Start of Block
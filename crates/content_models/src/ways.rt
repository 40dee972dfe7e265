// Where reading a model can go on, in words of a bit for each of its names.
ghost use Rattle.std.specs.Prelude.{◌≡◌};
ghost use Rattle.content_models.specs.Ways.{ahead, front_either, front_optional, front_then, leads, only};

/// Where reading can go on: at the places of a set, and at the end of the model.
#[derive(Clone, Copy, Drop)]
pub(crate) struct Way {
    pub set: u64,
    pub end: bool,
}

/// The places at which a model can begin, and whether it matches no names.
#[derive(Clone, Copy, Drop)]
pub(crate) struct Front {
    pub set: u64,
    pub nullable: bool,
}

/// A place of a model of a schema: its bit, and where reading can go on behind it.
#[derive(Clone, Copy, Drop)]
pub(crate) struct Spot {
    pub model: usize,
    pub bit: u64,
    pub next: Way,
}

impl Way {
    /// Whether a chain can be read that way that can be read from the places of a set, and has no name or some.
    pub(crate) fn leads(self, set: u64, ended: bool) -> bool
        ensures { result ≡ leads self set ended }
    {
        self.set & set != 0 || self.end && ended
    }
}

impl Front {
    pub(crate) fn then(self, next: Front) -> Front
        ensures { result ≡ front_then self next }
    {
        Front {
            set: self.set | only(self.nullable, next.set),
            nullable: self.nullable && next.nullable,
        }
    }

    pub(crate) fn either(self, other: Front) -> Front
        ensures { result ≡ front_either self other }
    {
        Front {
            set: self.set | other.set,
            nullable: self.nullable || other.nullable,
        }
    }

    pub(crate) fn optional(self) -> Front
        ensures { result ≡ front_optional self }
    {
        Front {
            set: self.set,
            nullable: true,
        }
    }

    /// Where reading can go on before what begins so, behind which it can go on that way.
    pub(crate) fn ahead(self, way: Way) -> Way
        ensures { result ≡ ahead self way }
    {
        Way {
            set: self.set | only(self.nullable, way.set),
            end: self.nullable && way.end,
        }
    }
}

fn only(wanted: bool, set: u64) -> u64
    ensures { result ≡ only wanted set }
{
    if wanted { set } else { 0 }
}
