// What the tokens of a model are.

/// A token, a name by its bytes.
#[derive(Clone, Copy, Debug, PartialEq, Eq)]
pub(crate) enum Token<'a> {
    Word(&'a [u8]),
    Open,
    Close,
    Comma,
    Bar,
    Question,
    Star,
    Plus,
}
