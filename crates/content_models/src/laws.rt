// The laws of schemas, each on a public call that does nothing.
ghost use Rattle.content_models.specs.Laws.{NamesAreNames, SpellsOne, WrongOne};

/// Bytes spell at most one schema.
pub fn spells_one()
    ensures { SpellsOne }
{}

/// What is taken for a name is one, and as long as it can be.
pub fn names_are_names()
    ensures { NamesAreNames }
{}

/// Nodes have one list of numbers of wrong elements.
pub fn wrong_one()
    ensures { WrongOne }
{}
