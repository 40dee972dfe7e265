//! Content models: which elements of a document have children that a schema doesn't allow, found on its rules.
//!
//! `read_schema` answers the `Schema` that bytes spell, or says why there is none. A schema is lines (`reading`, `schema`), each of which
//! gives a model to a name (`line_reading`): its tokens (`token`, `tokens`) are fed to a machine with a stack of its own (`machine`,
//! `model_reading`), which writes postfix code (`postfix`). So no model makes a tree, however deep. `Schema::compile` makes a `Checker` of
//! it for a table of names (`compile`): a pass forward over a model's code finds where its parts begin, and one backward where reading can
//! go on behind each of its names (`compiling`, `ways`).
//!
//! A chain of siblings is read from its end. A state (`Chain`) tells from which places of the models the rest of their names can be read
//! to the end: places of the name at the front, so that a word of their bits is enough (`states`, `sets`, `marking`). A `Checker` is an
//! automaton of slt_grammar, whose runs hit the wrong elements.
#![tactic(auto)]

mod checker;
mod compile;
mod compiling;
mod error;
mod laws;
mod line_reading;
mod machine;
mod marking;
mod model_reading;
mod postfix;
mod reading;
mod schema;
mod sets;
mod sorts;
mod states;
mod token;
mod tokens;
mod ways;

pub use checker::Checker;
pub use error::SchemaError;
pub use laws::{names_are_names, spells_one, wrong_one};
pub use reading::read_schema;
pub use schema::Schema;
pub use sets::Sets;
pub use states::{Chain, OneState};
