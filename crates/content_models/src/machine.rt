// The machine that reads a model's tokens. It keeps a stack of its own, and holds no tree.
ghost use Rattle.std.specs.Prelude.{◌≡◌, ◌∷◌, IfOk, OnOk, Some, None, reverse, true, if◌then◌else◌};
ghost use Rattle.content_models.specs.Machine.{after_atom, after_item, at_of, closed, code_in, commas_on, ended, frames_of, level_on, start, step, wanted};
ghost use Rattle.content_models.specs.Seen.{token_of};

use crate::error::ReadError;
use crate::postfix::Op;
use crate::token::Token;
use plain_tree::Bytes;
use std::alloc::{AllocError, Global};

/// Whether operands of `|` and of `,` stand before.
#[derive(Clone, Copy, Debug, PartialEq, Eq)]
pub(crate) struct Level {
    pub bars: bool,
    pub commas: bool,
}

/// What is to come, or has just ended. An atom that is wanted behind an opened parenthesis may be missing.
#[derive(Clone, Copy, Debug, PartialEq, Eq)]
pub(crate) enum Mode {
    Wanted(bool),
    AtomDone,
    ItemDone,
}

/// The machine, with the levels of the parentheses that are open.
#[derive(Drop)]
pub(crate) struct Machine {
    pub mode: Mode,
    pub level: Level,
    pub frames: Vec<Level>,
    pub code: Vec<Op>,
}

/// The level at the front of a model.
const FIRST: Level = Level {
    bars: false,
    commas: false,
};

impl Machine {
    /// Before the first token.
    pub(crate) fn new(alloc: Global) -> Machine
        ensures { Some (at_of result) ≡ start }
    {
        Machine {
            mode: Mode::Wanted(false),
            level: FIRST,
            frames: Vec::new(alloc),
            code: Vec::new(alloc),
        }
    }

    fn write(&mut self, op: Op) -> Result<(), AllocError>
        ensures code { OnOk result (code_in self.new ≡ op ∷ code_in self.old) }
        ensures frames { OnOk result (self.new.frames ≡ self.old.frames) }
        ensures level { OnOk result (self.new.level ≡ self.old.level) }
    {
        self.code.push(op)?;
        Ok(())
    }

    fn write_commas(&mut self) -> Result<(), AllocError>
        ensures code { OnOk result (code_in self.new ≡ commas_on self.old.level.commas (code_in self.old)) }
        ensures frames { OnOk result (self.new.frames ≡ self.old.frames) }
        ensures level { OnOk result (self.new.level ≡ self.old.level) }
    {
        if self.level.commas {
            self.write(Op::Join)?;
        }
        Ok(())
    }

    /// Writes the operations of the operands that wait.
    fn write_level(&mut self) -> Result<(), AllocError>
        ensures code { OnOk result (code_in self.new ≡ level_on self.old.level (code_in self.old)) }
        ensures frames { OnOk result (self.new.frames ≡ self.old.frames) }
    {
        self.write_commas()?;
        if self.level.bars {
            self.write(Op::Choose)?;
        }
        Ok(())
    }

    fn open(&mut self) -> Result<(), AllocError>
        ensures moved { OnOk result (at_of self.new ≡ record { mode = Mode.Wanted true; level = FIRST; frames = self.old.level ∷ frames_of self.old; code = code_in self.old }) }
    {
        self.frames.push(self.level)?;
        self.level = FIRST;
        self.mode = Mode::Wanted(true);
        Ok(())
    }

    fn close(&mut self) -> Result<(), ReadError>
        ensures read { OnOk result (closed (frames_of self.old) (code_in self.old) ≡ Some (at_of self.new)) }
        ensures bad { result ≡ Err ReadError.Bad → closed (frames_of self.old) (code_in self.old) ≡ None }
    {
        match self.frames.pop() {
            Some(level) => {
                self.level = level;
                self.mode = Mode::AtomDone;
                Ok(())
            }
            None => Err(ReadError::Bad),
        }
    }

    fn take_atom(&mut self, op: Op) -> Result<(), AllocError>
        ensures moved { OnOk result (at_of self.new ≡ record { mode = Mode.AtomDone; level = self.old.level; frames = frames_of self.old; code = op ∷ code_in self.old }) }
    {
        self.write(op)?;
        self.mode = Mode::AtomDone;
        Ok(())
    }

    fn take_sign(&mut self, op: Op) -> Result<(), AllocError>
        ensures moved { OnOk result (at_of self.new ≡ record { mode = Mode.ItemDone; level = self.old.level; frames = frames_of self.old; code = op ∷ code_in self.old }) }
    {
        self.write(op)?;
        self.mode = Mode::ItemDone;
        Ok(())
    }

    /// An atom is to come.
    fn wanted(&mut self, alloc: Global, opened: bool, token: Token<'_>) -> Result<(), ReadError>
        ensures read { OnOk result (wanted opened self.old.level (frames_of self.old) (code_in self.old) (token_of token.entry) ≡ Some (at_of self.new)) }
        ensures bad { result ≡ Err ReadError.Bad → wanted opened self.old.level (frames_of self.old) (code_in self.old) (token_of token.entry) ≡ None }
    {
        match token {
            Token::Word(name) => {
                let name = Bytes::from_slice(alloc, name)?;
                Ok(self.take_atom(Op::Push(name))?)
            }
            Token::Open => Ok(self.open()?),
            Token::Close => {
                if opened {
                    self.write(Op::PushNothing)?;
                    self.close()
                } else {
                    Err(ReadError::Bad)
                }
            }
            _ => Err(ReadError::Bad),
        }
    }

    /// An item has ended.
    fn after_item(&mut self, token: Token<'_>) -> Result<(), ReadError>
        ensures read { OnOk result (after_item self.old.level (frames_of self.old) (code_in self.old) (token_of token.entry) ≡ Some (at_of self.new)) }
        ensures bad { result ≡ Err ReadError.Bad → after_item self.old.level (frames_of self.old) (code_in self.old) (token_of token.entry) ≡ None }
    {
        match token {
            Token::Comma => {
                self.write_commas()?;
                self.level = Level {
                    bars: self.level.bars,
                    commas: true,
                };
                self.mode = Mode::Wanted(false);
                Ok(())
            }
            Token::Bar => {
                self.write_level()?;
                self.level = Level {
                    bars: true,
                    commas: false,
                };
                self.mode = Mode::Wanted(false);
                Ok(())
            }
            Token::Close => {
                self.write_level()?;
                self.close()
            }
            _ => Err(ReadError::Bad),
        }
    }

    /// An atom has ended.
    fn after_atom(&mut self, token: Token<'_>) -> Result<(), ReadError>
        ensures read { OnOk result (after_atom self.old.level (frames_of self.old) (code_in self.old) (token_of token.entry) ≡ Some (at_of self.new)) }
        ensures bad { result ≡ Err ReadError.Bad → after_atom self.old.level (frames_of self.old) (code_in self.old) (token_of token.entry) ≡ None }
    {
        match token {
            Token::Question => Ok(self.take_sign(Op::MakeOptional)?),
            Token::Star => Ok(self.take_sign(Op::MakeAny)?),
            Token::Plus => Ok(self.take_sign(Op::MakeSome)?),
            _ => self.after_item(token),
        }
    }

    /// Reads one token.
    pub(crate) fn step(&mut self, alloc: Global, token: Token<'_>) -> Result<(), ReadError>
        ensures read { OnOk result (step (at_of self.old) (token_of token.entry) ≡ Some (at_of self.new)) }
        ensures bad { result ≡ Err ReadError.Bad → step (at_of self.old) (token_of token.entry) ≡ None }
    {
        match self.mode {
            Mode::Wanted(opened) => self.wanted(alloc, opened, token),
            Mode::AtomDone => self.after_atom(token),
            Mode::ItemDone => self.after_item(token),
        }
    }

    fn is_whole(&self) -> bool
        ensures { ended (at_of self.now) ≡ (if result then Some (level_on self.now.level (code_in self.now)) else None) }
    {
        self.frames.is_empty() && !matches!(self.mode, Mode::Wanted(_))
    }

    /// The code, where a model has ended.
    pub(crate) fn finish(mut self) -> Result<Vec<Op>, ReadError>
        ensures read { IfOk result (λ code. ended (at_of self) ≡ Some (reverse code.items)) }
        ensures bad { result ≡ Err ReadError.Bad → ended (at_of self) ≡ None }
    {
        if !self.is_whole() {
            return Err(ReadError::Bad);
        }
        self.write_level()?;
        Ok(self.code)
    }
}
End of Block
## Required action:
Return all lines of the material above in which the word "crates" occurs.

## Task answer:
filename crates/content_models/src/ways.rt
filename crates/content_models/src/laws.rt
filename crates/content_models/src/machine.rt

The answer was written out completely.